《幸存者》——99年中国神秘事件录

  继续。
  我正要发问,刘学朋身上手机响,他拿起接听了一阵,道:“也就是说,人跟东西都不在。”
  那头回答一句。
  我暗暗点头:好像……军军带着铁人跑了!
  刘学朋思索几秒,问我:“那个老彭叫什么名字。”
  “彭文忠。”我回答。
  “住哪里?”
  我迟疑一下:“蓝光机械厂家属区。具体在哪儿不知道。”
  刘学朋沉吟几秒,对手机道:“现在6点钟,你们休息一下,8点钟去一趟九眼桥,那儿有个水闸站,里头有个职工姓彭,叫彭文忠,你们想办法把他弄出来,之后马上给我打电话。”
  我感觉不对,赶紧问:“怎么,你们想绑他?”
  刘学朋放下手机。
  “有些事必须搞清楚。”他忽然古怪笑了一下:“但世事无绝对。79年那次,就因为好奇心重,太想搞清楚那个地下室里头到底放了个什么东西,结果把自己笼(注:陷入)进去,87年八医院检查之后,我们都以为整个事情就此结束,结果一个星期前听到消息,有人在背后在查我们的底子,居然跟79年那件事有关,我们就晓得,这个事情远远没完,里头的水,深不可测。”
  我听得呼吸急促,赶紧问:“到底咋回事79年!”
  刘学朋缓缓吸了一口烟,凝视窗外,火车“咣当咣当”不停行进,车窗外一片漆黑田野,天边隐隐出现一抹“鱼肚白”。

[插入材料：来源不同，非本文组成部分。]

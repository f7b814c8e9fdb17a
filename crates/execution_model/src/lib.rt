//! What a checked operation means when it is executed: its coerced variables and arguments, and the
//! fields that a selection set collects (GraphQL October 2021, 6.1.2, 6.3.2 and 6.4.1). It stands on the
//! values of `gql_value`, the numbers of `gql_numbering` and the vocabulary of `check_model`.
//!
//! It has types and no functions. Its contract for the layers above is its `specs/`: total functions, said of an
//! operation of a document that no rule of validation refuses.
#![tactic(auto)]

mod given;
mod group;

pub use given::Given;
pub use group::Group;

  “应该是8月份吧。”他终于道:“79年,当时我还是个包工头,底下有一个施工队,规模很小,有赖勇,郑明生,还有其他几个人,我们都是新都县老乡,因为赖勇的关系,他父母是成铁分局职工,因为他的关系,施工队挂靠在中铁X局下面一个工程公司,主要做地下管道工程,像供水排水,工业地下管线,主要做这些,当时整个社会才从‘十年XX’里头走出来,真的可以说是百废待兴,我们生意也还算好,接了很多小工程,那件事就是其中一个。”
  刘学朋抽了口烟:“当时是这样,8月初,有个人找到我,他是我一个关系很好的朋友,之前介绍了很多活路给我,名字就不说了,现在在成都建筑行业都算一个有头有脸人物,当时他是市建X公司一个项目经理,说他们目前手头有个工程,扩建一家宾馆,就那个蓝光宾馆,他是项目部负责人,找我主要意思,想找我负责一个收尾工程,就是在宾馆下面那层人防工程底下,再挖一个地下室。”
  “就那间?”我道。
  刘学朋点点头:“当时我看了图纸,发现三个问题,第一,要修一个污水管道,但是图纸上管道的角度是朝上倾斜,这个很不合常理,第二,就是那个窨井,我始终搞不懂,为何要在地下室中央挖一个封闭的窨井,第三最重要,根据污水管道的位置,这个地下室将长期被河水淹没,那么修建出来有何用意。我当场就提出这三个问题,那朋友当时没有做正面回答,只说这个地下室因为涉及到宾馆之后的一些特殊用途,所以没有交给正规公司做,至于我们,要求做到两点,第一,必须在整个宾馆工程完工后进场。第二,要求签署一份保密合同,要求对修建事项进行保密。”
  “心头已经有鬼了!”我道。
  “这点当时我倒没多想。”刘学朋道:“因为这种保密合同在建筑行业也算常见,我们当时估计那个宾馆以后肯定要利用那个负一楼的人防工程,搞一个什么地下工厂,比如偷偷生产什么元器件,电路板,或者铝合金器材之类,当时这些东西国家管控很严,是不允许私人生产的,至于那个地下室,应该是当做一个污水池,用来排废水用。”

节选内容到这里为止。